OpenAI stressed that while the tool was an improvement on past iterations, it was still “not fully reliable.” The tool correctly identified 26 percent of artificially generated text but falsely flagged 9 percent of text from humans as computer generated.
The OpenAI tool is burdened with common flaws in detection programs: It struggles with short texts and writing that is not in English. In educational settings, plagiarism-detection tools such as TurnItIn have been accused of inaccurately classifying essays written by students as being generated by chatbots.
Detection tools inherently lag behind the generative technology they are trying to detect. By the time a defense system is able to recognize the work of a new chatbot or image generator, like Google Bard or Midjourney, developers are already coming up with a new iteration that can evade that defense. The situation has been described as an arms race or a virus-antivirus relationship where one begets the other, over and over.

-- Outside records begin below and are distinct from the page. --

//! The last caller of a row: it has the core while others call, calls itself meanwhile, and looks at what is left.
ghost use Rattle.std.specs.Prelude.{◌≡◌};
ghost use Rattle.evl_kernel.specs.state.Callbacks.{AnswersByPlan};

use super::acts::{Act, Told, call_of, told_by};
use super::boards::FIRST;
use super::phases::{Look, Seen, Step};
use evl_base::ThreadId;
use evl_machine::{CallerOf, HeldOf, MachineOf};
use evl_pipeline::Handler;
use std::alloc::Allocator;

// The answer to a call by the caller that has the kernel, and room that it makes; no other act.
fn applies_one<C: Handler, A: Allocator>(held: &mut HeldOf<'_, C, A>, act: Act) -> Told
    requires { AnswersByPlan C.declared C.plan held.old.caller.machine.first.callbacks }
    ensures { held.new.caller ≡ held.old.caller }
{
    match act {
        Act::Call(ask) => told_by(held.apply(call_of(ask))),
        Act::Reserve(calls) => match held.reserve(calls) {
            Ok(()) => Told::Done,
            Err(refusal) => Told::Refused(refusal),
        },
        _ => Told::Nothing,
    }
}

// Whether the calls are answered as it is wanted.
fn applies_all<C: Handler, A: Allocator>(held: &mut HeldOf<'_, C, A>, steps: &[Step]) -> bool
    requires { AnswersByPlan C.declared C.plan held.old.caller.machine.first.callbacks }
    ensures { held.new.caller ≡ held.old.caller }
{
    for step in steps {
        if applies_one(held, step.1) != step.2 {
            return false;
        }
    }
    true
}

// All that is seen by the one that has the kernel.
fn look_by<C: Handler, A: Allocator>(held: &mut HeldOf<'_, C, A>) -> Look
    ensures { held.new.caller ≡ held.old.caller }
{
    let word = held.in_word(FIRST);
    let kernel = held.kernel();
    Look {
        seen: Seen {
            entries: kernel.history().len(),
            word,
            owner: kernel.owner(FIRST),
            waiters: kernel.waiters(FIRST),
        },
        is_over: kernel.finished(ThreadId(0)),
    }
}

// All that a caller that has the kernel sees, after calls that are answered as wanted; then it gives the kernel back.
fn looked<C: Handler, A: Allocator>(
    held: HeldOf<'_, C, A>,
    steps: &[Step],
) -> (Option<Look>, CallerOf<C, A>)
    requires { AnswersByPlan C.declared C.plan held.caller.machine.first.callbacks }
    ensures { result.1.machine ≡ held.entry.caller.machine }
{
    let mut held = held;
    let told = applies_all(&mut held, steps);
    let look = look_by(&mut held);
    let holder = held.give();
    (if told { Some(look) } else { None }, holder)
}

/// All that this caller sees after its own calls, all under one take; none where one is answered otherwise than
/// wanted, or the core is taken.
pub fn looks<C: Handler, A: Allocator>(
    machine: &MachineOf<C, A>,
    holder: CallerOf<C, A>,
    steps: &[Step],
) -> (Option<Look>, CallerOf<C, A>)
    requires machine { holder.machine ≡ machine.now }
    requires by_plan { AnswersByPlan C.declared C.plan machine.now.first.callbacks }
    ensures { result.1.machine ≡ machine.now }
{
    match machine.take(holder) {
        Ok(held) => looked(held, steps),
        Err(holder) => (None, holder),
    }
}

/// Whether this caller gets the kernel, with which it is dropped.
pub fn drops_the_kernel<C: Handler, A: Allocator>(
    machine: &MachineOf<C, A>,
    holder: CallerOf<C, A>,
) -> bool
    requires { holder.machine ≡ machine.now }
{
    machine.take(holder).is_ok()
}
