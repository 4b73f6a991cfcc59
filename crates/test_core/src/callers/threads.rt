//! Callers on two host threads.
ghost use Rattle.std.specs.Prelude.{◌≡◌, ◌≤◌};
ghost use Rattle.evl_kernel.specs.state.Callbacks.{AnswersByPlan};

use super::acts::{Act, Ask, BUSY, CORE_BUSY, DONE, Element, PASSED, Told, call_of, does};
use super::boards::{FIRST, GET, LINE, OTHER, PEEK, PUT, SEM, STAX, WIDE};
use super::passes::Passes;
use evl_base::Reply;
use evl_machine::{CallerOf, MachineOf};
use evl_pipeline::Handler;
use std::alloc::{Allocator, Global};
use std::sync::Wait;
use std::sync::atomic::{AtomicBool, Ordering};
use std::thread;
use std::thread::Threads;

// The most turns that a host thread waits for another one's sign.
const MOST_TURNS: u32 = 1_000_000_000;

/// The place where each of two host threads shows the other how far it is.
#[derive(Drop)]
pub struct Signs {
    pub taken: AtomicBool,
    pub tried: AtomicBool,
}

impl Signs {
    pub fn new() -> Signs {
        Signs {
            taken: AtomicBool::new(false),
            tried: AtomicBool::new(false),
        }
    }
}

// Whether the sign came within the turns.
fn wait_for(sign: &AtomicBool) -> bool {
    for _ in 0..MOST_TURNS {
        if sign.load(Ordering::SeqCst) {
            return true;
        }
        thread::yield_now();
    }
    false
}

/// The deeds of a host thread with its caller.
#[derive(Clone, Copy)]
pub enum Task {
    // Takes a turn so often.
    Turns(u32, Turn),
    // Takes the kernel, puts, and gives the kernel back only once the other thread has taken its turn.
    HoldsAPut,
    // Takes a turn once the other thread has the kernel.
    Beside(Turn),
}

/// A turn.
#[derive(Clone, Copy)]
pub enum Turn {
    Puts,
    Arrives,
    GetsThenPuts,
    PutsThenGets,
    Enters,
    Locks,
    Unlocks,
    Stays,
    StaysBeside,
    TriesAll,
}

// The acts of a turn, and their answers.
fn acts_of(turn: Turn) -> &'static [(Act, Told)] {
    match turn {
        Turn::Puts => &[(PUT_AT_LAST, DONE)],
        Turn::Arrives => &[(Act::CallAtLast(Ask::Arrive(LINE)), DONE)],
        // waits for the first semaphore, and then puts the second one
        Turn::GetsThenPuts => &[(WAIT_FOR_FIRST, DONE), (PUT_OTHER_AT_LAST, DONE)],
        Turn::PutsThenGets => &[(PUT_AT_LAST, DONE), (WAIT_FOR_OTHER, DONE)],
        Turn::Enters => &[(Act::Through(WIDE), DONE)],
        Turn::Locks => &[(LOCK_AT_LAST, PASSED), (UNLOCK_AT_LAST, DONE)],
        // unlocks a mutex whose pass it has
        Turn::Unlocks => &[(UNLOCK_AT_LAST, DONE)],
        // enters a stax and stays there, and beside another finds a mutex taken
        Turn::Stays => &[(Act::EnterAtLast(WIDE), PASSED)],
        Turn::StaysBeside => &[(Act::EnterAtLast(WIDE), PASSED), (Act::Lock(FIRST), BUSY)],
        // while another caller has the kernel a call of it is refused, and a stax and a mutex are free
        Turn::TriesAll => &TRIES_ALL,
    }
}

const PUT_AT_LAST: Act = Act::CallAtLast(Ask::Put(SEM));

const PUT_OTHER_AT_LAST: Act = Act::CallAtLast(Ask::Put(OTHER));

const WAIT_FOR_FIRST: Act = Act::WaitFor(Element::Sem(SEM), None);

const WAIT_FOR_OTHER: Act = Act::WaitFor(Element::Sem(OTHER), None);

const LOCK_AT_LAST: Act = Act::LockAtLast(FIRST, None);

const UNLOCK_AT_LAST: Act = Act::UnlockAtLast(FIRST);

const TRIES_ALL: [(Act, Told); 5] = [
    (PUT, CORE_BUSY),
    (GET, CORE_BUSY),
    (PEEK, CORE_BUSY),
    (Act::Enter(STAX), PASSED),
    (Act::Lock(FIRST), PASSED),
];

// Whether all of a turn is answered as it is wanted.
fn takes_turn<C: Handler, A: Allocator, R: Wait>(
    rt: &R,
    machine: &MachineOf<C, A>,
    caller: &mut CallerOf<C, A>,
    passes: &mut Passes,
    turn: Turn,
) -> bool
    requires machine { caller.old.machine ≡ machine.now }
    requires by_plan { AnswersByPlan C.declared C.plan machine.now.first.callbacks }
    ensures { caller.new.machine ≡ machine.now }
{
    for (act, wanted) in acts_of(turn) {
        if does(rt, machine, caller, passes, *act) != *wanted {
            return false;
        }
    }
    true
}

// Takes a turn so often, and counts how often all of it was answered as it is wanted.
fn turns<C: Handler, A: Allocator, R: Wait>(
    rt: &R,
    machine: &MachineOf<C, A>,
    mut caller: CallerOf<C, A>,
    passes: &mut Passes,
    times: u32,
    turn: Turn,
) -> (CallerOf<C, A>, u32)
    requires machine { caller.machine ≡ machine.now }
    requires by_plan { AnswersByPlan C.declared C.plan machine.now.first.callbacks }
    ensures machine { result.0.machine ≡ machine.now }
{
    let mut done = 0;
    for _ in 0..times {
        done += u32::from(takes_turn(rt, machine, &mut caller, passes, turn));
    }
    (caller, done)
}

// Has the kernel for one put, until the other thread has tried; 2 where the put was done and the other thread's sign
// came.
fn holds_a_put<C: Handler, A: Allocator>(
    machine: &MachineOf<C, A>,
    caller: CallerOf<C, A>,
    signs: &Signs,
) -> (CallerOf<C, A>, u32)
    requires machine { caller.machine ≡ machine.now }
    requires by_plan { AnswersByPlan C.declared C.plan machine.now.first.callbacks }
    ensures machine { result.0.machine ≡ machine.now }
{
    match machine.take(caller) {
        Err(caller) => (caller, 0),
        Ok(mut held) => {
            let done = matches!(held.apply(call_of(Ask::Put(SEM))), Ok(Reply::Done));
            signs.taken.store(true, Ordering::SeqCst);
            let tried = wait_for(&signs.tried);
            (held.give(), u32::from(done) + u32::from(tried))
        }
    }
}

// Takes a turn while the other thread has the kernel, and signals that; 2 where that one's sign came, and all of
// the turn was answered as it is wanted.
fn takes_turn_beside<C: Handler, A: Allocator, R: Wait>(
    rt: &R,
    machine: &MachineOf<C, A>,
    mut caller: CallerOf<C, A>,
    passes: &mut Passes,
    signs: &Signs,
    turn: Turn,
) -> (CallerOf<C, A>, u32)
    requires machine { caller.machine ≡ machine.now }
    requires by_plan { AnswersByPlan C.declared C.plan machine.now.first.callbacks }
    ensures machine { result.0.machine ≡ machine.now }
{
    let taken = wait_for(&signs.taken);
    let told = takes_turn(rt, machine, &mut caller, passes, turn);
    signs.tried.store(true, Ordering::SeqCst);
    (caller, u32::from(taken) + u32::from(told))
}

// A caller's deeds on its host thread.
fn works<C: Handler, A: Allocator, R: Wait>(
    rt: &R,
    machine: &MachineOf<C, A>,
    caller: CallerOf<C, A>,
    passes: &mut Passes,
    signs: &Signs,
    task: Task,
) -> (CallerOf<C, A>, u32)
    requires machine { caller.machine ≡ machine.now }
    requires by_plan { AnswersByPlan C.declared C.plan machine.now.first.callbacks }
    ensures machine { result.0.machine ≡ machine.now }
{
    match task {
        Task::Turns(times, turn) => turns(rt, machine, caller, passes, times, turn),
        Task::HoldsAPut => holds_a_put(machine, caller, signs),
        Task::Beside(turn) => takes_turn_beside(rt, machine, caller, passes, signs, turn),
    }
}

/// All that goes to a host thread and works there on what all threads share.
pub trait Worker<M>: Drop {
    ghost fits: { Self → M → Type 0 };

    // It comes back with the number of what was answered as the task wants it.
    fn work<R: Wait>(self, rt: &R, shared: &M, signs: &Signs, task: Task) -> (Self, u32)
        requires { fits self shared.now }
        ensures { fits result.0 shared.now };
}

/// A caller with the passes that it has, which go to another host thread together.
#[derive(Drop)]
pub struct Hand<C: Drop, A: Allocator> {
    pub caller: CallerOf<C, A>,
    pub passes: Passes,
}

impl<C: Handler, A: Allocator> Worker<MachineOf<C, A>> for Hand<C, A> {
    ghost use Rattle.std.specs.Prelude.{◌≡◌};
    ghost use Rattle.evl_kernel.specs.state.Callbacks.{AnswersByPlan};

    ghost fits = { λ hand m. (hand.caller.machine ≡ m) × AnswersByPlan C.declared C.plan m.first.callbacks };

    fn work<R: Wait>(
        self,
        rt: &R,
        shared: &MachineOf<C, A>,
        signs: &Signs,
        task: Task,
    ) -> (Hand<C, A>, u32) {
        let Hand { caller, mut passes } = self;
        let (caller, done) = works(rt, shared, caller, &mut passes, signs, task);
        (Hand { caller, passes }, done)
    }
}

// Both work at once.
fn both_work<M: Sync, W: Worker<M> + Send, R: Threads + Wait + Sync>(
    rt: &R,
    shared: &M,
    first: W,
    second: W,
    signs: &Signs,
    tasks: (Task, Task),
) -> ((W, u32), (W, u32))
    requires { W.fits first shared.now × W.fits second shared.now }
    ensures { W.fits result.0.0 shared.now × W.fits result.1.0 shared.now }
{
    thread::join(
        rt,
        move || -> (W, u32)
            requires { W.fits first shared.now }
            ensures { W.fits result.0 shared.entry.now }
        { first.work(rt, shared, signs, tasks.0) },
        move || -> (W, u32)
            requires { W.fits second shared.now }
            ensures { W.fits result.0 shared.entry.now }
        { second.work(rt, shared, signs, tasks.1) },
    )
}

/// Both hands work at once on a machine: their callers come back, with each one's number of answers.
pub fn both_call<C: Handler + Send, R: Threads + Wait + Sync>(
    rt: &R,
    machine: &MachineOf<C, Global>,
    first: Hand<C, Global>,
    second: Hand<C, Global>,
    tasks: (Task, Task),
) -> (CallerOf<C, Global>, CallerOf<C, Global>, (u32, u32))
    requires machine { (first.caller.machine ≡ machine.now) × (second.caller.machine ≡ machine.now) }
    requires by_plan { AnswersByPlan C.declared C.plan machine.now.first.callbacks }
    ensures { (result.0.machine ≡ machine.now) × (result.1.machine ≡ machine.now) }
{
    let signs = Signs::new();
    let (one, two) = both_work(rt, machine, first, second, &signs, tasks);
    let (first, first_count) = one;
    let (second, second_count) = two;
    let Hand { caller, passes: _ } = first;
    let Hand {
        caller: other,
        passes: _,
    } = second;
    (caller, other, (first_count, second_count))
}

“When Midjourney releases Midjourney 5, my starter gun goes off, and I start working to catch up — and while I’m doing that, they’re working on Midjourney 6,” said Hany Farid, a professor of computer science at the University of California, Berkeley, who specializes in digital forensics and is also involved in the A.I. detection industry. “It’s an inherently adversarial game where as I work on the detector, somebody is building a better mousetrap, a better synthesizer.”
Despite the constant catch-up, many companies have seen demand for A.I. detection from schools and educators, said Joshua Tucker, a professor of politics at New York University and a co-director of its Center for Social Media and Politics. He questioned whether a similar market would emerge ahead of the 2024 election.